2, 4, or 8 analog channels. Scale the channel count to the test, from a two-channel bench unit to an eight-channel multi-signal source.
1.2 GS/s, 16-bit resolution. Sample rates from 1 S/s to 1.2 GS/s with 16-bit vertical resolution for excellent signal fidelity.
318 MHz calculated bandwidth. Fast edges with rise and fall time at or below 1.1 ns in True Arb mode give a calculated bandwidth at or above 318 MHz.
One software, three roles. The Rider environment switches the instrument between arbitrary-waveform (True Arb), function-generator (AFG), and serial pattern (DPG) modes without changing hardware.
Deep waveform memory.

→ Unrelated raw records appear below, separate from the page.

//! The longest token at the front of some bytes.
ghost use Rattle.std.specs.Prelude.{◌≡◌, ◌<◌, length, IfSome, IfNone};
ghost use Rattle.chw_base.specs.Names.{is_digit};
ghost use Rattle.verilog_text.specs.VForms.{begins_word};
ghost use Rattle.verilog_lex.specs.Scanning.{BeginsNoToken, BeginsWith, HasNoTail, IsTail, IsTokenAt, is_other};
ghost use Rattle.verilog_lex.specs.Shown.{token_of};

use crate::run::{Class, begins_word, is_digit, run_len};
use crate::token::Token;
use crate::words::{keyword_of, sign_at};

/// A token of so many bytes.
#[derive(Clone, Copy)]
pub struct Front<'a> {
    pub token: Token<'a>,
    pub len: usize,
}

/// The longest token with which the bytes begin.
pub fn token_at(bytes: &[u8]) -> Option<Front<'_>>
    requires { 0 < length bytes.now }
    ensures some { IfSome result (λ front. IsTokenAt bytes.now (token_of front.token) front.len) }
    ensures none { IfNone result (BeginsNoToken bytes.now) }
{
    let first = bytes[0];
    if begins_word(first) {
        Some(word_at(bytes))
    } else if is_digit(first) {
        Some(number_at(bytes))
    } else {
        other_at(bytes)
    }
}

/// The name or keyword with which the bytes begin.
fn word_at(bytes: &[u8]) -> Front<'_>
    requires { BeginsWith begins_word bytes.now }
    ensures { IsTokenAt bytes.now (token_of result.token) result.len }
{
    let len = run_len(bytes, Class::NameByte);
    let word = &bytes[..len];
    match keyword_of(word) {
        Some(keyword) => Front {
            token: Token::Keyword(keyword),
            len,
        },
        None => Front {
            token: Token::Name(word),
            len,
        },
    }
}

/// The number or literal with which the bytes begin.
fn number_at(bytes: &[u8]) -> Front<'_>
    requires { BeginsWith is_digit bytes.now }
    ensures { IsTokenAt bytes.now (token_of result.token) result.len }
{
    let size = run_len(bytes, Class::Digit);
    match digits_behind(&bytes[size..]) {
        Some(digits) => {
            let len = size + 2 + digits;
            Front {
                token: Token::Literal(&bytes[..len]),
                len,
            }
        }
        None => Front {
            token: Token::Number(&bytes[..size]),
            len: size,
        },
    }
}

/// How many hexadecimal digits stand behind the `'h` with which the bytes begin.
fn digits_behind(bytes: &[u8]) -> Option<usize>
    ensures some { IfSome result (IsTail bytes.now) }
    ensures none { IfNone result (HasNoTail bytes.now) }
{
    let [b'\'', b'h', digits @ ..] = bytes else {
        return None;
    };
    let len = run_len(digits, Class::HexDigit);
    if len == 0 { None } else { Some(len) }
}

/// The sign or `$signed` with which the bytes begin, where their first byte is neither a letter nor `_` nor a digit.
fn other_at(bytes: &[u8]) -> Option<Front<'_>>
    requires { BeginsWith is_other bytes.now }
    ensures some { IfSome result (λ front. IsTokenAt bytes.now (token_of front.token) front.len) }
    ensures none { IfNone result (BeginsNoToken bytes.now) }
{
    if bytes.starts_with(b"$signed") {
        return Some(Front {
            token: Token::Signed,
            len: 7,
        });
    }
    match sign_at(bytes) {
        Some((sign, len)) => Some(Front {
            token: Token::Sign(sign),
            len,
        }),
        None => None,
    }
}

Up to 1024 Mpoints per channel, with up to 16,384 sequence entries and up to 4,294,967,294 repetitions.
High output and offset. Up to 24 Vp-p output and up to plus or minus 12 V hardware baseline offset with the high-voltage option.
Synchronized digital generation. Up to 32 digital channels generated in sync with the analog waveforms, each running up to 1.2 Gb/s in LVDS.
Touch and remote control. A 7-inch capacitive touchscreen on Windows 10, with a standard Ethernet interface for remote operation and automation.

3Hardware & Interfaces

Analog outputs use front-panel BNC connectors. Reference clock, external modulation, and digital pod connections sit on the rear panel, alongside the AC inlet, Ethernet, USB 3.0, and standard PC peripheral ports. The instrument is a 3U 19-inch rackmount unit that also runs comfortably on the bench.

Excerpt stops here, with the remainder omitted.